Would like to check if my understandings are correct:
case 1
fn main() {
let x = 5;
let y = x;
assert_eq!(5, y);
println!("y = {}", y);
}
Q1) {assert_eq!(5, &y)} would fail ("no implementation for {integer} == &{integer}"). I think y clones the value of 5 in the stack? Because it is primitive?
case 2
fn main() {
let x = 5;
let y = &x;
assert_eq!(5, *y);
println!("y = {}", y);
}
Q2) this is how I infer case 1, as seemingly this is how to force a ref instead of cloning in case of primitives? In this case y contains the address (or stack position) of x?
Q3) if x is a string allocated from heap, as in:
fn main() {
let x = String::from("Five");
let y = &x;
assert_eq!("Five", y);
println!("y = {}", y);
}
{assert_eq!(5, y)} would suffice (vs *y) only because of implicit deref of compiler?
case 3
fn main() {
let x = 5;
let &y = &x;
assert_eq!(5, y);
println!("y = {}", y);
}
Similar to case 1 but not a clone? What is y? A ref to ref x? Compiler says y is an integer (presumably '5'), and this because the compiler will auto resolve daisy-chained refs I believe?
case 4
fn main() {
let x = 5;
let &y = &x;
let &z = &&x;
assert_eq!(5, *z);
println!("y = {}", z);
}
The above works but not with {assert_eq!(5, z)} - this is not the same as daisy-chaining refs?
Q1) {assert_eq!(5, &y)} would fail ("no implementation for {integer} == &{integer}"). I think y clones the value of 5 in the stack? Because it is primitive?
It's because it is Copy, hence values are, well, copied. Rather than moved.
Q2) this is how I infer case 1, as seemingly this is how to force a ref instead of cloning in case of primitives?
You're still forcing a copy when you dereference y.
In this case y contains the address (or stack position) of x?
Sure.
Q3) if x is a string allocated from heap, {assert_eq!(5, y)} would suffice (vs *y) only because of implicit deref of compiler?
Well first it'd never work because the types can not match, 5 is never a valid string, or reference to string, or anything even remotely close to a string.
Second, implicit dereference only comes into play when calling methods, although as tadman notes a single * might go through multiple levels of dereference.
(case 4) Similar to case 1 but not a clone? What is y? A ref to ref x? Compiler says y is an integer (presumably '5'), and this because the compiler will auto resolve daisy-chained refs I believe?
There's no daisy chain. The left hand of let is a pattern. By design, patterns try to reverse an existing operation using the same syntax.
let &y = ... is a dereference of the value, as if you'd written let y = *... (except more limited, it only works with references). Not to be confused with ref (which is essentially the reverse of *).
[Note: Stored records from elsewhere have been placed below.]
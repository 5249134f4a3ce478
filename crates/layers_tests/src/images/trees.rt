//! Trees as they are written into images.
ghost use Rattle.std.specs.Prelude.{IsTrue, OnOk};
ghost use Rattle.image.specs.Image.{IsOpen, AreAllOpen};
ghost use Rattle.tree.specs.Asking.{AllowsChange};

use crate::images::paths::{fresh, is_walked, leaf_of};
use base::number::{BlockNo, Group, Key};
use base::refusal::Refusal;
use image::{Image, blocks_of};
use std::alloc::Global;
use std::process::Abort;
use tree::{Block, Draft, Tree, Update};
use tree_tests::ready::{is_batch, is_ready, meter};
use zalloc::{Allocator, BlockState};

/// Asserts what a change in a group asks of its caller.
fn assert_asked(
    rt: &impl Abort,
    alloc: Global,
    tree: &Tree,
    updates: &[Update],
    group: Group,
    allocator: &Allocator,
) -> Result<(), Refusal>
    ensures { OnOk result (AllowsChange tree.now updates.now group.0 group.0 allocator.now) }
{
    assert!(rt; is_batch(updates));
    assert!(rt; is_ready(alloc, tree, allocator, group)?);
    Ok(())
}

/// Writes leaf 0 of a tree in a group.
fn change(
    rt: &impl Abort,
    alloc: Global,
    tree: &mut Tree,
    bytes: &[u8; 512],
    group: Group,
    allocator: &Allocator,
) -> Result<Draft, Refusal> {
    let updates = [Update::Write { leaf: 0, bytes }];
    assert_asked(rt, alloc, tree, &updates, group, allocator)?;
    let mut draft = Draft::new(alloc);
    tree.draft(alloc, &updates, group, allocator, &mut meter(), &mut draft)?;
    tree.put(alloc, &updates, group, &mut draft, &mut meter())?;
    Ok(draft)
}

/// Takes a number, if it is Free.
fn occupy(allocator: &mut Allocator, number: BlockNo) {
    match allocator.state(number) {
        Some(BlockState::Free) => allocator.take(number),
        _ => {}
    }
}

/// Whether a number may be written.
fn is_open(image: &Image, number: BlockNo) -> bool
    ensures { IsTrue result → IsOpen image.now.kept number.0 }
{
    match image.kept().state(number) {
        Some(BlockState::Free) => true,
        _ => false,
    }
}

/// Whether the number of each of these blocks may be.
fn are_open(image: &Image, blocks: &[(BlockNo, [u8; 512])]) -> bool
    ensures { IsTrue result → AreAllOpen image.now.kept blocks.now }
{
    for block in blocks {
        if !is_open(image, block.0) {
            return false;
        }
    }
    true
}

/// Writes leaf 0 of a tree in a group, and what that made into an image.
fn step(
    rt: &impl Abort,
    alloc: Global,
    tree: &mut Tree,
    image: &mut Image,
    byte: u8,
    group: Group,
    allocator: &mut Allocator,
) -> Result<(), Refusal> {
    let done = change(rt, alloc, tree, &leaf_of(byte), group, allocator)?;
    for number in done.taken.as_slice() {
        occupy(allocator, *number);
    }
    let blocks = blocks_of(alloc, tree, done.made.as_slice(), &mut meter())?;
    assert!(rt; blocks.len() == done.made.len() && are_open(image, blocks.as_slice()));
    image.write_all(blocks.as_slice());
    Ok(())
}

/// Whether the walk from the root of a tree gives leaf 0 with this byte alone.
fn holds(image: &Image, tree: &Tree, byte: u8) -> bool {
    match tree.root(&mut meter()) {
        Some(root) => is_walked(image, root, byte),
        None => false,
    }
}

/// The level of the block that a tree tells at a key of a level over leaf 0, or None where it is another kind of block.
fn level_told(tree: &Tree, level: u8) -> Option<u8> {
    match tree.block(Key { level, index: 0 }, &mut meter()) {
        Some(Block::Contents(_)) => Some(0),
        Some(Block::Pointers { level, roots: _ }) => Some(level),
        None => None,
    }
}

/// Whether a tree tells a block at each level over leaf 0, and where they are.
fn is_told(tree: &Tree) -> bool {
    let path = tree.path(0, &mut meter());
    let levels = (0..6u8).all(|level| level_told(tree, level) == Some(level)
        && path[level as usize].is_some());
    levels && path[5] == tree.root(&mut meter())
}

/// The image of a tree that two changes made, the second on a copy, has both.
#[test]
fn both_trees_are_walked(rt: HostRuntime) {
    let alloc = rt.alloc();
    let mut allocator = Allocator::new(alloc, 1000).expect(&rt, "memory for the states");
    let mut image = fresh(&rt, alloc);
    let mut tree = Tree::new();
    assert!(rt; tree.root(&mut meter()).is_none() && level_told(&tree, 5).is_none());
    step(
        &rt,
        alloc,
        &mut tree,
        &mut image,
        0x61,
        Group(1),
        &mut allocator,
    )
    .expect(&rt, "a change");
    let old = tree.copy().expect(&rt, "a copy");
    step(
        &rt,
        alloc,
        &mut tree,
        &mut image,
        0x62,
        Group(2),
        &mut allocator,
    )
    .expect(&rt, "a change");
    assert!(rt; holds(&image, &old, 0x61) && holds(&image, &tree, 0x62) && is_told(&tree));
}
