//! Memory that is refused. Each test passes whichever allocation is the one that fails.
use crate::images::paths::{TOP, put_steps};
use base::refusal::Refusal;
use image::Image;
use std::alloc::Global;

/// Whether a walk gives one leaf, or is refused memory.
fn walked_or_refused(image: &Image) -> bool {
    match image.read_tree(Some(TOP)) {
        Ok(leaves) => leaves.len() == 1,
        Err(refusal) => refusal == Refusal::NoMemory,
    }
}

/// Whether an image of these bytes is there, or was refused memory.
fn read_or_refused(bytes: Vec<u8>) -> bool {
    match Image::from_bytes(bytes) {
        Ok(image) => walked_or_refused(&image),
        Err(refusal) => refusal == Refusal::NoMemory,
    }
}

/// Whether a path is written and walked, and its bytes are read, or memory was refused.
fn is_done_or_refused(alloc: Global) -> bool {
    let Ok(mut image) = Image::new(alloc, 1000) else {
        return true;
    };
    let fine = put_steps(&mut image, 0, 1, 0x61, 6) && walked_or_refused(&image);
    match Vec::from_slice(alloc, image.bytes()) {
        Ok(bytes) => fine && read_or_refused(bytes),
        Err(_) => fine,
    }
}

#[test]
fn refused_memory_is_told(rt: HostRuntime) {
    assert!(rt; is_done_or_refused(rt.alloc()));
}
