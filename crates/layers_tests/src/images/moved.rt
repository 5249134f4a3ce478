//! A path that moves, as it is written by where its blocks were and are.
ghost use Rattle.std.specs.Prelude.{IsTrue};
ghost use Rattle.image.specs.PathWrites.{block_on, IsPathOpen, AreSourcesApart};
ghost use Rattle.layers_tests.specs.Split.{IsOld, IsNext};

use crate::images::paths::{TOP, fresh, is_walked, leaf_of, put_steps};
use base::number::{BlockNo, Group};
use image::Image;
use tree::Root;
use zalloc::BlockState;

/// The blocks before this number are those of the old path.
const LIMIT: u32 = 6;

/// Where the six blocks of a path are, from a number on.
fn path_from(first: u32, group: u64) -> [Option<Root>; 6] {
    let mut path = [None; 6];
    for level in 0..6 {
        path[level] = Some(Root {
            block: BlockNo((first % 900) + 5 - level as u32),
            birth: Group(group),
        });
    }
    path
}

/// Whether a block, if there is one, is one of the old path.
fn is_old(image: &Image, root: Option<Root>) -> bool
    ensures { IsTrue result → IsOld image.now.kept root }
{
    match root {
        Some(root) => root.block.0 < LIMIT && image.kept().state(root.block).is_some(),
        None => true,
    }
}

/// Whether a block, if there is one, is none of the old path, and may be written.
fn is_next(image: &Image, root: Option<Root>) -> bool
    ensures { IsTrue result → IsNext image.now.kept root }
{
    let Some(root) = root else {
        return true;
    };
    match image.kept().state(root.block) {
        Some(BlockState::Free) => root.block.0 >= LIMIT,
        _ => false,
    }
}

/// Whether a path moves from among the old blocks to numbers that may be written.
#[tactic(auto, using(crate::proofs::Splits::one_level))]
fn is_moved(image: &Image, before: &[Option<Root>; 6], after: &[Option<Root>; 6]) -> bool
    ensures open { IsTrue result → IsPathOpen image.now.kept (block_on before.now) (block_on after.now) }
    ensures apart { IsTrue result → AreSourcesApart (block_on before.now) (block_on after.now) }
{
    for level in 0..6 {
        if !is_old(image, before[level]) || !is_next(image, after[level]) {
            return false;
        }
    }
    true
}

/// Writes a path as it is after a move, if it may be written.
fn move_path(
    image: &mut Image,
    before: &[Option<Root>; 6],
    after: &[Option<Root>; 6],
    byte: u8,
) -> bool {
    let moves = is_moved(image, before, after);
    if moves {
        image.write_path(0, before, after, &leaf_of(byte));
    }
    moves
}

/// The old path stays, and the new one is its copy with another leaf.
#[test]
fn both_paths_are_walked(rt: HostRuntime) {
    let mut image = fresh(&rt, rt.alloc());
    let (before, after) = (path_from(0, 1), path_from(6, 2));
    let written = put_steps(&mut image, 0, 1, 0x61, 6)
        && move_path(&mut image, &before, &after, 0x62);
    let next = Root {
        block: BlockNo(6),
        birth: Group(2),
    };
    assert!(rt; written && is_walked(&image, TOP, 0x61) && is_walked(&image, next, 0x62));
}
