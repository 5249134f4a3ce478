//! Paths of blocks, as they are written and walked.
ghost use Rattle.std.specs.Prelude.{◌≡◌, length};
ghost use Rattle.tree.specs.Bytes.{IsOfTree};

use base::number::{BlockNo, Group};
use image::Image;
use std::alloc::Global;
use std::process::Abort;
use tree::{Block, Root};
use zalloc::BlockState;

/// The root of a path of six blocks, numbered from the root down.
pub const TOP: Root = Root {
    block: BlockNo(0),
    birth: Group(1),
};

/// The first pointer of its topmost block: to number 1, born in group 1, at level 4.
const POINTER: [u8; 32] = [
    0, 0, 0, 0, 0, 0, 0, 2, 0, 0, 0, 0, 0, 0, 0, 1, 0, 0, 0, 0, 0, 0, 0, 4, 0, 0, 0, 0, 0, 0, 0, 0,
];

/// An image of 1,000 blocks.
pub fn fresh(rt: &impl Abort, alloc: Global) -> Image
    ensures { length result.kept ≡ 1000 }
{
    Image::new(alloc, 1000).expect(rt, "memory for an image")
}

/// A leaf that begins with a byte, with zeros behind it.
pub fn leaf_of(byte: u8) -> [u8; 512] {
    let mut bytes = [0; 512];
    bytes[0] = byte;
    bytes
}

/// Writes a block at a number, if the kept states don't have it Allocated.
pub fn put(image: &mut Image, number: u32, block: &Block<'_>) -> bool
    requires { IsOfTree block.now }
    ensures { image.new.kept ≡ image.old.kept }
{
    match image.kept().state(BlockNo(number)) {
        Some(BlockState::Free) => {
            image.write(BlockNo(number), block);
            true
        }
        _ => false,
    }
}

/// Writes a block of a path, whose blocks are born in a group and numbered from one on: the leaf at step 0, the root at step 5.
pub fn put_step(image: &mut Image, first: u32, group: u64, byte: u8, step: u8) -> bool
    ensures { image.new.kept ≡ image.old.kept }
{
    if step > 5 || first > 900 {
        return false;
    }
    let number = first + 5 - u32::from(step);
    if step == 0 {
        return put(image, number, &Block::Contents(&leaf_of(byte)));
    }
    let mut roots = [None; 16];
    roots[0] = Some(Root {
        block: BlockNo(number + 1),
        birth: Group(group),
    });
    put(image, number, &Block::Pointers { level: step, roots })
}

/// Writes the first steps of a path.
pub fn put_steps(image: &mut Image, first: u32, group: u64, byte: u8, steps: u8) -> bool
    ensures { image.new.kept ≡ image.old.kept }
{
    let mut done = true;
    for step in 0..steps {
        done &= put_step(image, first, group, byte, step);
    }
    done
}

/// Whether the walk from a root gives leaf 0 with this byte and zeros, alone.
pub fn is_walked(image: &Image, root: Root, byte: u8) -> bool {
    match image.read_tree(Some(root)) {
        Ok(leaves) => match leaves.as_slice() {
            [leaf] => leaf.0 == 0 && leaf.1 == leaf_of(byte),
            _ => false,
        },
        Err(_) => false,
    }
}

/// Whether the walk from no root gives no leaf.
fn is_none_empty(image: &Image) -> bool {
    match image.read_tree(None) {
        Ok(leaves) => leaves.is_empty(),
        Err(_) => false,
    }
}

/// Whether these are six blocks, of which the first begins with that pointer and fifteen to no block.
fn are_six(bytes: &[u8]) -> bool {
    bytes.len() == 3072
        && bytes.starts_with(&POINTER)
        && bytes[32..512].iter().all(|byte| *byte == 0)
}

#[test]
fn a_path_is_walked(rt: HostRuntime) {
    let mut image = fresh(&rt, rt.alloc());
    assert!(rt; image.bytes().is_empty() && is_none_empty(&image) && image.keeps() == 0);
    let written = put_steps(&mut image, 0, 1, 0x61, 6);
    assert!(rt; written && are_six(image.bytes()) && is_walked(&image, TOP, 0x61));
}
Therefore this does the exact same thing as case 1 in a roundabout way, including the copy. y is an integer, of the same type as x.
(case 5) The above works but not with {assert_eq!(5, z)} - this is not the same as daisy-chaining refs?
If you apply the rule above you can see that:
x: i32y: i32 because let &y = &x; is a complicated way of writing let y = x; aka a copyz: &i32 because in the same way let &z = &&x; is a complicated way of writing let z = &x, aka a reference to xWhich is why you have to dereference z for the type to match with 5.